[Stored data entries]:
_ _ _ _ _ _ _
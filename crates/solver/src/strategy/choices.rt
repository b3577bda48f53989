//! What a job does with a child: it cites a lemma, gives the child away, or searches on.

ghost use Rattle.std.specs.Prelude.{◌≡◌, IfOk, IfSome};
ghost use Rattle.giving_crew.specs.LiveHands.{Gave};
ghost use Rattle.xcc_dance.specs.Outcome.{IsCiteWithin};

use crate::branches::OpenBranch;
use crate::shared::Shared;
use crate::strategy::images::Occupied;
use giving_crew::Hand;
use match_puzzle::Pair;
use std::alloc::AllocError;
use std::sync::atomic::Ordering;
use xcc_dance::{Cite, Cites, Met, Watch};

// From this number of children on, a job looks at each sixteenth whether others wait for work.
const LONG: u32 = 1_000;

// From this number of children on, the job of a planned lemma, or of the root's, gives children away in any case. What
// it gives waits behind the other planned lemmas, so that none of these begins when all else is done.
const LONG_PLANNED: u32 = 1 << 14;

// The most levels below its prefix at which a job gives children away.
const LEVELS_GIVEN: usize = 6;

// What a job is asked.
#[derive(Drop)]
pub struct Choices<'a, 'h, W: Watch> {
    pub shared: &'a Shared<'a>,
    pub watch: &'a W,
    pub hand: &'a mut Hand<'h, OpenBranch>,
    pub number: u32,
    // how many pairs the job's prefix has
    pub level: usize,
    // whether that prefix holds an image of a later lemma, so that each child does
    pub holds: bool,
    // how many cells are to be filled
    pub cells: usize,
    // what it met: it was asked of each child
    pub met: Met,
    // whether it gives children away
    pub gives: bool,
}

impl<'a, 'h, W: Watch> Choices<'a, 'h, W> {
    // Gives the branch away, and answers what stands for it then.
    fn give(&mut self, pairs: &[Pair]) -> Result<Option<Cite>, AllocError>
        ensures within { IfOk result (λ o. IfSome o IsCiteWithin) }
        ensures same { self.new.hand.ghost_name ≡ self.old.hand.ghost_name }
        ensures gave { Gave self.old.hand.now self.new.hand.now }
    {
        let pairs = pairs.to_vec(self.shared.alloc)?;
        match self.hand.give(OpenBranch { pairs }) {
            Ok(number) => {
                self.shared.waiting.fetch_add(1, Ordering::Relaxed);
                Ok(Some(Cite::Same(number)))
            }
            Err(_) => Ok(None),
        }
    }

    // Gives the planned branches away, if this is the first child that the root's job is asked for. They have the
    // numbers from 1 on then: nobody drew before.
    fn give_planned(&mut self) -> Result<(), AllocError>
        ensures same { self.new.hand.ghost_name ≡ self.old.hand.ghost_name }
        ensures gave { Gave self.old.hand.now self.new.hand.now }
    {
        if self.number > 0 || self.met.children > 0 {
            return Ok(());
        }
        for prefix in &self.shared.plan.prefixes {
            let _cite = self.give(prefix)?;
        }
        Ok(())
    }

    // Gives the child away, if it is to be, and answers what stands for it then.
    fn give_if_due(&mut self, placed: &[Pair]) -> Result<Option<Cite>, AllocError>
        ensures within { IfOk result (λ o. IfSome o IsCiteWithin) }
        ensures same { self.new.hand.ghost_name ≡ self.old.hand.ghost_name }
        ensures gave { Gave self.old.hand.now self.new.hand.now }
    {
        if self.is_to_give(placed) {
            self.give(placed)
        } else {
            Ok(None)
        }
    }

    // Whether the child is to be given away: where little fuel is left, or others wait for work and no later lemma may
    // still be cited below it.
    fn is_to_give(&mut self, placed: &[Pair]) -> bool
        ensures same { self.new.hand.ghost_name ≡ self.old.hand.ghost_name }
        ensures gave { self.new.hand.now ≡ self.old.hand.now }
    {
        // (no more branches were made than children were asked for)
        let fuel = self.shared.fuel;
        if self.met.children >= fuel - fuel / 20 {
            return true;
        }
        if !self.gives && self.met.children >= LONG && self.met.children % 16 == 0 {
            self.gives = self.shared.few_wait() || self.is_long_planned();
        }
        self.gives
            && placed.len() <= self.level.saturating_add(LEVELS_GIVEN)
            && !self.may_cite_below(placed)
    }

    // Whether the lemma was planned, or is the root's, and takes long, while others could help.
    fn is_long_planned(&self) -> bool {
        self.met.children >= LONG_PLANNED
            && self.shared.workers > 1
            && self.number as usize <= self.shared.plan.prefixes.len()
    }

    // Whether a later lemma may still be cited below. It stands apart, so that its table of what is placed doesn't lie
    // on the stack at each level of the search.
    #[inline(never)]
    fn may_cite_below(&self, placed: &[Pair]) -> bool {
        let images = &self.shared.plan.images;
        images.may_come(&Occupied::of(placed), self.number)
    }
}

impl<'a, 'h, W: Watch> Cites for Choices<'a, 'h, W> {
    ghost use Rattle.giving_crew.specs.LiveHands.{Gave};
    ghost use Rattle.std.specs.Prelude.{◌≡◌, refl};
    ghost use Rattle.std.proofs.Common.{◌∙◌};
    ghost use Rattle.giving_crew.proofs.LiveHandLemmas.{gave_nothing, gave_both};

    ghost takes = { λ _ _. Unit {0} };

    ghost answers = { λ _ _ _. Unit {0} };

    ghost moves = { λ c d. (d.hand.ghost_name ≡ c.hand.ghost_name) × Gave c.hand.now d.hand.now };

    ghost stays = { λ c. (refl, gave_nothing c.hand.now) };

    ghost goes_on = { λ c d e one two. (two.0 ∙ one.0, gave_both c.hand.now d.hand.now e.hand.now one.1 two.1) };

    ghost takes_still = { λ _ _ _ _ _. tt };

    ghost answers_still = { λ _ _ _ _ _ _. tt };

    fn cite(&mut self, prefix: &[Pair]) -> Result<Option<Cite>, AllocError> {
        self.give_planned()?;
        self.met.child(self.watch);
        let images = &self.shared.plan.images;
        if let Some(cite) = images.cite_child(prefix, self.number, self.holds) {
            return Ok(Some(cite));
        }
        let given = self.give_if_due(prefix)?;
        if given.is_none() && prefix.len() == self.cells {
            self.met.arrangement();
        }
        Ok(given)
    }
}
_ _ _ _ _ _ _
[Work instructions]: Type the data out again, exactly.

[Task solution]:
filename crates/solver/src/strategy/choices.rt
repository b3577bda48f53989
//! What a job does with a child: it cites a lemma, gives the child away, or searches on.

ghost use Rattle.std.specs.Prelude.{◌≡◌, IfOk, IfSome};
ghost use Rattle.giving_crew.specs.LiveHands.{Gave};
ghost use Rattle.xcc_dance.specs.Outcome.{IsCiteWithin};

use crate::branches::OpenBranch;
use crate::shared::Shared;
use crate::strategy::images::Occupied;
use giving_crew::Hand;
use match_puzzle::Pair;
use std::alloc::AllocError;
use std::sync::atomic::Ordering;
use xcc_dance::{Cite, Cites, Met, Watch};

// From this number of children on, a job looks at each sixteenth whether others wait for work.
const LONG: u32 = 1_000;

// From this number of children on, the job of a planned lemma, or of the root's, gives children away in any case. What
// it gives waits behind the other planned lemmas, so that none of these begins when all else is done.
const LONG_PLANNED: u32 = 1 << 14;

// The most levels below its prefix at which a job gives children away.
const LEVELS_GIVEN: usize = 6;

// What a job is asked.
#[derive(Drop)]
pub struct Choices<'a, 'h, W: Watch> {
    pub shared: &'a Shared<'a>,
    pub watch: &'a W,
    pub hand: &'a mut Hand<'h, OpenBranch>,
    pub number: u32,
    // how many pairs the job's prefix has
    pub level: usize,
    // whether that prefix holds an image of a later lemma, so that each child does
    pub holds: bool,
    // how many cells are to be filled
    pub cells: usize,
    // what it met: it was asked of each child
    pub met: Met,
    // whether it gives children away
    pub gives: bool,
}

impl<'a, 'h, W: Watch> Choices<'a, 'h, W> {
    // Gives the branch away, and answers what stands for it then.
    fn give(&mut self, pairs: &[Pair]) -> Result<Option<Cite>, AllocError>
        ensures within { IfOk result (λ o. IfSome o IsCiteWithin) }
        ensures same { self.new.hand.ghost_name ≡ self.old.hand.ghost_name }
        ensures gave { Gave self.old.hand.now self.new.hand.now }
    {
        let pairs = pairs.to_vec(self.shared.alloc)?;
        match self.hand.give(OpenBranch { pairs }) {
            Ok(number) => {
                self.shared.waiting.fetch_add(1, Ordering::Relaxed);
                Ok(Some(Cite::Same(number)))
            }
            Err(_) => Ok(None),
        }
    }

    // Gives the planned branches away, if this is the first child that the root's job is asked for. They have the
    // numbers from 1 on then: nobody drew before.
    fn give_planned(&mut self) -> Result<(), AllocError>
        ensures same { self.new.hand.ghost_name ≡ self.old.hand.ghost_name }
        ensures gave { Gave self.old.hand.now self.new.hand.now }
    {
        if self.number > 0 || self.met.children > 0 {
            return Ok(());
        }
        for prefix in &self.shared.plan.prefixes {
            let _cite = self.give(prefix)?;
        }
        Ok(())
    }

    // Gives the child away, if it is to be, and answers what stands for it then.
    fn give_if_due(&mut self, placed: &[Pair]) -> Result<Option<Cite>, AllocError>
        ensures within { IfOk result (λ o. IfSome o IsCiteWithin) }
        ensures same { self.new.hand.ghost_name ≡ self.old.hand.ghost_name }
        ensures gave { Gave self.old.hand.now self.new.hand.now }
    {
        if self.is_to_give(placed) {
            self.give(placed)
        } else {
            Ok(None)
        }
    }

    // Whether the child is to be given away: where little fuel is left, or others wait for work and no later lemma may
    // still be cited below it.
    fn is_to_give(&mut self, placed: &[Pair]) -> bool
        ensures same { self.new.hand.ghost_name ≡ self.old.hand.ghost_name }
        ensures gave { self.new.hand.now ≡ self.old.hand.now }
    {
        // (no more branches were made than children were asked for)
        let fuel = self.shared.fuel;
        if self.met.children >= fuel - fuel / 20 {
            return true;
        }
        if !self.gives && self.met.children >= LONG && self.met.children % 16 == 0 {
            self.gives = self.shared.few_wait() || self.is_long_planned();
        }
        self.gives
            && placed.len() <= self.level.saturating_add(LEVELS_GIVEN)
            && !self.may_cite_below(placed)
    }

    // Whether the lemma was planned, or is the root's, and takes long, while others could help.
    fn is_long_planned(&self) -> bool {
        self.met.children >= LONG_PLANNED
            && self.shared.workers > 1
            && self.number as usize <= self.shared.plan.prefixes.len()
    }

    // Whether a later lemma may still be cited below. It stands apart, so that its table of what is placed doesn't lie
    // on the stack at each level of the search.
    #[inline(never)]
    fn may_cite_below(&self, placed: &[Pair]) -> bool {
        let images = &self.shared.plan.images;
        images.may_come(&Occupied::of(placed), self.number)
    }
}

impl<'a, 'h, W: Watch> Cites for Choices<'a, 'h, W> {
    ghost use Rattle.giving_crew.specs.LiveHands.{Gave};
    ghost use Rattle.std.specs.Prelude.{◌≡◌, refl};
    ghost use Rattle.std.proofs.Common.{◌∙◌};
    ghost use Rattle.giving_crew.proofs.LiveHandLemmas.{gave_nothing, gave_both};

    ghost takes = { λ _ _. Unit {0} };

    ghost answers = { λ _ _ _. Unit {0} };

    ghost moves = { λ c d. (d.hand.ghost_name ≡ c.hand.ghost_name) × Gave c.hand.now d.hand.now };

    ghost stays = { λ c. (refl, gave_nothing c.hand.now) };

    ghost goes_on = { λ c d e one two. (two.0 ∙ one.0, gave_both c.hand.now d.hand.now e.hand.now one.1 two.1) };

    ghost takes_still = { λ _ _ _ _ _. tt };

    ghost answers_still = { λ _ _ _ _ _ _. tt };

    fn cite(&mut self, prefix: &[Pair]) -> Result<Option<Cite>, AllocError> {
        self.give_planned()?;
        self.met.child(self.watch);
        let images = &self.shared.plan.images;
        if let Some(cite) = images.cite_child(prefix, self.number, self.holds) {
            return Ok(Some(cite));
        }
        let given = self.give_if_due(prefix)?;
        if given.is_none() && prefix.len() == self.cells {
            self.met.arrangement();
        }
        Ok(given)
    }
}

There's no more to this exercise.